USAGE: matlab -r eigvecmat_calc\(\'[value_matrix]\',K,\'[output_prefix]\'\)
e.g.  matalb -r eigvecmat_calc\(\'sample_data/ath_sample_matrix.txt\',10,\'ath\'\)
The script will generate output files named: “[output_prefix].eigvecs.matrix.txt”. Please also refer to the wrapper script about the usage.
matlab -r run_eigvecmat_calculation\(10\) (k=10 for example)
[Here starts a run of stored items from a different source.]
ghost use Rattle.std.specs.Prelude.{◌≡◌};
ghost use Rattle.rb_engine.specs.Words.{look_word, reply_word, start_word};

use crate::request::{LookFault, Reply};
use crate::start::StartFault;
use rb_tree::variant_name;

impl Reply {
    pub fn word(&self) -> &'static str
        ensures { result.now ≡ reply_word self.now }
    {
        variant_name!(self: Reply {
            Done, Names(_), BadApp, Reserved, BadLocale, BadText, BadFile, Exists, Absent, Full,
            Memory,
        })
    }
}

impl LookFault {
    pub fn word(self) -> &'static str
        ensures { result.now ≡ look_word self }
    {
        variant_name!(self: LookFault {
            BadApp, Reserved, BadLocale, BadPath, PathTooLong, Chain, BadParent, NoBundle, Missing,
            AliasText, AliasPackage, TooManyAliases,
        })
    }
}

impl StartFault {
    pub fn word(self) -> &'static str
        ensures { result.now ≡ start_word self }
    {
        variant_name!(self: StartFault { BadText(_), BadFile(_), Twice(_), Memory })
    }
}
(optional) 2-2. detailed parameters usages of the muscari

This running of muscari step is a part of run_muscari.sh. which could be run automatically by run_muscari.sh but demostrating here what are the parameters are.
The argument keys of the program muscari are like below:

- -s: species order file name (requirement 2)
- -e: orthogroup ID (OGID) to gene ID file (requirement 3)
- -k: number of resultan modules
- -t: species tree file name (requirement 1)
- -c: config file name (made in step1)
- -r: species tree file name
- -o: output directory name
- -m: defines the mode in which the Arboretum algorithm is to be used; learn|generate|visualize|crossvalidate are the options, default=learn
- -b: most well-known studied species name
- -i: initialization method for transition probabilities for cluster membership across species; uniform|branchlength, default=uniform
- -p: transition proability value
- -x: fixed covariation value
- -w: an true|false option for writing over the results on the existing directory. default=true
- -f: an true|false option for running initial clustering generation. default=true

3. Outputs If the running of Muscari was successfully finished, you could find that bunch of result files are in the result directory you’ve specified.
The following result files are containing the most relevant information of the result of clustering:

Output 1: [species]__speciesspecnames_clusterassign.txt (tab delimited)
These files contain the result of cluster assaignments with gene IDs, formatted as “gene ID (TAB) cluster ID”.
```
ath_speciesspecnames_clusterassign.txt
mtr_speciesspecnames_clusterassign.txt
(...)
```
Output 2: allspecies_clusterassign_lca_brk.txt (tab delimited)
This file contains the same cluster assignment result but it provides in a table,
where the rows are orthogroup ID or gene ID of the “best” species which was specified by user
and columns are all nodes in the species tree, i.e. all extant and acestral nodes.
This file has specific aspects in the table:
- Meaning of the element values: each element vlaue of the table corresponds to the cluster assignment of each species (column) and ancestor. Negative values are exhibiting “missing” elements with reasoning, where “-1” means “missing of expression value” and “-2” means “missing of gene in the phylogeny (i.e. no ortholog gene in the gene tree)”.
- Ordering of the table and the “Dummy” lines: the table is sorted by the cluster assignment of Ancestor1 (root ancestor of the tree; positioned at the last column of the table). Dummy lines are the separators of different cluster assignments between two group of Ancestor1 clusters.